Many everyday tasks require two arms: opening jars, pouring water, picking up food, packing boxes. Humans use two arms coordinated — one holding, one manipulating, or both doing same action together.
Bimanual manipulation for robots is similar: 2 robot arms working simultaneously with precise coordination. But complexity multiplies — 14 DOF (2 x 6-DOF arm + 2 grippers) instead of 7, action space doubles, and need to prevent arms from colliding.
Previous posts covered grasping, imitation learning, diffusion policy, VLA, and dexterous hands. This post focuses on bimanual — hardware, data collection, and training methods.
ALOHA: Hardware Platform
ALOHA Original (2023)
ALOHA (A Low-cost Open-source Hardware System for Bimanual Teleoperation) from Stanford (Tony Zhao, Chelsea Finn) transformed bimanual manipulation research:
Design:
- 4 robot arms: 2 leader (human-controlled) + 2 follower (data collection)
- Dynamixel servos: XM430-W350 and XM540-W270
- 6 DOF per arm + 1 DOF gripper = 7 DOF x 2 = 14 DOF total
- 4 cameras: 2 top-down + 2 wrist-mounted
- Price: ~20,000 USD (10x cheaper than commercial bimanual setup)

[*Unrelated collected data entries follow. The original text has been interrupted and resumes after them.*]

//! Traces: their texts, their bytes and made ones.

ghost use Rattle.std.specs.Prelude.{[]};
ghost use Rattle.trace_text.specs.Sound.{IsSound};

use anyhow::{Context, Error, Result, anyhow};
use native_tas::DIGEST_UUID;
use std::alloc::{AllocError, Global};
use std::fmt::Write;
use trace_bin::{read_binary, write_binary};
use trace_text::{Trace, TraceFault, read_trace};
use uuid::Uuid;

/// The bytes that a text may have here.
const MOST_BYTES: usize = 1 << 25;

/// The error of a text above the limit.
fn too_long() -> Error {
    Error::msg("the text is too long")
}

/// What a trace holds, in numbers.
fn summary(alloc: Global, trace: &Trace) -> Result<String, AllocError> {
    let fills = trace.fills.len();
    let items = trace.items.len();
    match &trace.boot {
        Some(boot) => {
            let apps = boot.apps.len();
            format!(in alloc; "{apps} applications, {fills} fills, {items} items")
        }
        None => String::from_str(alloc, "no boot"),
    }
}

/// The line that tells why no trace was read.
fn fault_line(alloc: Global, fault: TraceFault) -> Result<String> {
    match fault {
        TraceFault::Memory => Err(Error::from(fault)),
        TraceFault::Bad { .. } => format!(in alloc; "{fault}").context("telling a fault"),
    }
}

/// The line that tells in numbers what a text is.
pub(crate) fn summary_of(alloc: Global, text: &[u8]) -> Result<String> {
    if text.len() > MOST_BYTES {
        return Err(too_long());
    }
    match read_trace(alloc, text, &[]) {
        Ok(trace) => summary(alloc, &trace).context("telling a trace"),
        Err(fault) => fault_line(alloc, fault),
    }
}

/// A whole trace, as a line.
fn shown(alloc: Global, trace: &Trace) -> Result<String, AllocError> {
    format!(in alloc; "{trace:?}")
}

/// What reading gave, as a line.
fn read_told(alloc: Global, read: Result<Trace, TraceFault>) -> Result<String> {
    match read {
        Ok(trace) => shown(alloc, &trace).context("telling a trace"),
        Err(fault) => fault_line(alloc, fault),
    }
}

/// The line that tells what the text of a row is.
fn text_verdict(alloc: Global, natives: &[Uuid], text: &[u8]) -> Result<String> {
    if text.len() > MOST_BYTES {
        return Err(too_long());
    }
    read_told(alloc, read_trace(alloc, text, natives))
}

/// The line that tells what the bytes of a row are.
fn bytes_verdict(alloc: Global, natives: &[Uuid], bytes: &[u8]) -> Result<String> {
    if bytes.len() > MOST_BYTES {
        return Err(Error::msg("the bytes are too many"));
    }
    read_told(alloc, read_binary(alloc, bytes, natives))
}

/// The line that tells what the bytes are that digits write, with blanks anywhere.
fn digits_verdict(alloc: Global, natives: &[Uuid], text: &str) -> Result<String> {
    let digits = text.replace(alloc, " ", "")?;
    let bytes = hex::decode(alloc, digits.as_bytes())?;
    bytes_verdict(alloc, natives, bytes.as_slice())
}

/// The bytes that are written of a trace.
fn bytes_of(alloc: Global, trace: &Trace) -> Result<Vec<u8>>
    requires { IsSound [] trace.now }
{
    if trace.boot.is_none() {
        return Err(Error::msg("a trace without a boot"));
    }
    write_binary(alloc, trace).context("writing a trace")
}

/// The bytes that are written of the trace of a text.
fn written(alloc: Global, text: &str) -> Result<Vec<u8>> {
    if text.len() > MOST_BYTES {
        return Err(too_long());
    }
    let trace = read_trace(alloc, text.as_bytes(), &[])?;
    bytes_of(alloc, &trace)
}

/// Fails where bytes are not read as the trace of a text.
fn compare(alloc: Global, natives: &[Uuid], bytes: &[u8], text: &str) -> Result<()> {
    let read = bytes_verdict(alloc, natives, bytes)?;
    let given = text_verdict(alloc, natives, text.as_bytes())?;
    if given.as_str() != read.as_str() {
        return Err(anyhow!("another trace: {read}"));
    }
    Ok(())
}

/// The bytes of the trace of a text, in digits, where they are read again.
fn binary_verdict(alloc: Global, natives: &[Uuid], text: &str) -> Result<String> {
    let bytes = written(alloc, text)?;
    compare(alloc, natives, bytes.as_slice(), text)?;
    hex::encode(alloc, bytes.as_slice()).context("telling bytes")
}

/// What came in a row, and how often the last of it.
#[derive(Drop)]
struct Counts {
    line: String,
    last: String,
    count: u64,
}

impl Counts {
    fn new(alloc: Global) -> Counts {
        Counts {
            line: String::new(alloc),
            last: String::new(alloc),
            count: 0,
        }
    }

    /// Tells how often the last came, if it did.
    fn tell_last(&mut self) -> Result<(), AllocError> {
        if self.count == 0 {
            return Ok(());
        }
        let comma = if self.line.as_str().is_empty() {
            ""
        } else {
            ", "
        };
        write!(self.line, "{comma}{} {}", self.count, self.last)
    }

    /// Counts what comes next.
    fn add(&mut self, next: String) -> Result<(), AllocError> {
        if next.as_str() != self.last.as_str() {
            self.tell_last()?;
            self.last = next;
            self.count = 0;
        }
        self.count = self.count.saturating_add(1);
        Ok(())
    }
}

/// What a front of the bytes of a text is.
fn front_verdict(alloc: Global, natives: &[Uuid], front: &[u8]) -> Result<String> {
    let verdict = bytes_verdict(alloc, natives, front)?;
    if verdict.as_str().starts_with("Trace") {
        return String::from_str(alloc, "a trace").context("telling a front");
    }
    Ok(verdict)
}

/// Counts what each shorter front of bytes is.
fn count_fronts(alloc: Global, natives: &[Uuid], bytes: &[u8], counts: &mut Counts) -> Result<()> {
    for end in 0..bytes.len() {
        counts.add(front_verdict(alloc, natives, &bytes[..end])?)?;
    }
    Ok(())
}

/// What each shorter front of the bytes of a text is.
fn fronts_verdict(alloc: Global, natives: &[Uuid], text: &str) -> Result<String> {
    let bytes = written(alloc, text)?;
    let mut counts = Counts::new(alloc);
    count_fronts(alloc, natives, bytes.as_slice(), &mut counts)?;
    counts.tell_last()?;
    Ok(counts.line)
}

/// The made trace of a seed and a number of calls.
fn made_verdict(alloc: Global, words: &str) -> Result<String> {
    let (seed, count) = words.split_once(' ').unwrap_or((words, "0"));
    let (seed, count) = (seed.parse::<u64>()?, count.parse::<u32>()?);
    if count > workload::MOST_CALLS {
        return Err(Error::msg("too many calls"));
    }
    let trace = workload::make_work(alloc, seed, count)?;
    shown(alloc, &trace).context("telling a trace")
}

/// What a row of this kind tells.
pub(crate) fn told(alloc: Global, kind: &str, row: &str) -> Result<String> {
    let natives = [Uuid::from_bytes(DIGEST_UUID)];
    match kind {
        "hex" => digits_verdict(alloc, &natives, row),
        "binary" => binary_verdict(alloc, &natives, row),
        "fronts" => fronts_verdict(alloc, &natives, row),
        "work" => made_verdict(alloc, row),
        _ => text_verdict(alloc, &natives, row.as_bytes()),
    }
}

Leader-follower teleoperation: human holds 2 leader arms, 2 follower arms copy movements exactly. Natural, fast, high-quality data.
Why ALOHA Succeeded?
- Low-cost: enables many labs to do bimanual research
- High-quality data: leader-follower more natural than joystick
- Open-source: CAD files, firmware, software all public
- ACT integration: train policy directly from ALOHA data with ACT
Mobile ALOHA (2024)
Mobile ALOHA (Fu et al., 2024) adds mobile base (AgileX Tracer) to ALOHA:
- Whole-body teleoperation: human moves + controls both arms simultaneously
- Price: ~32,000 USD (includes mobile base + compute)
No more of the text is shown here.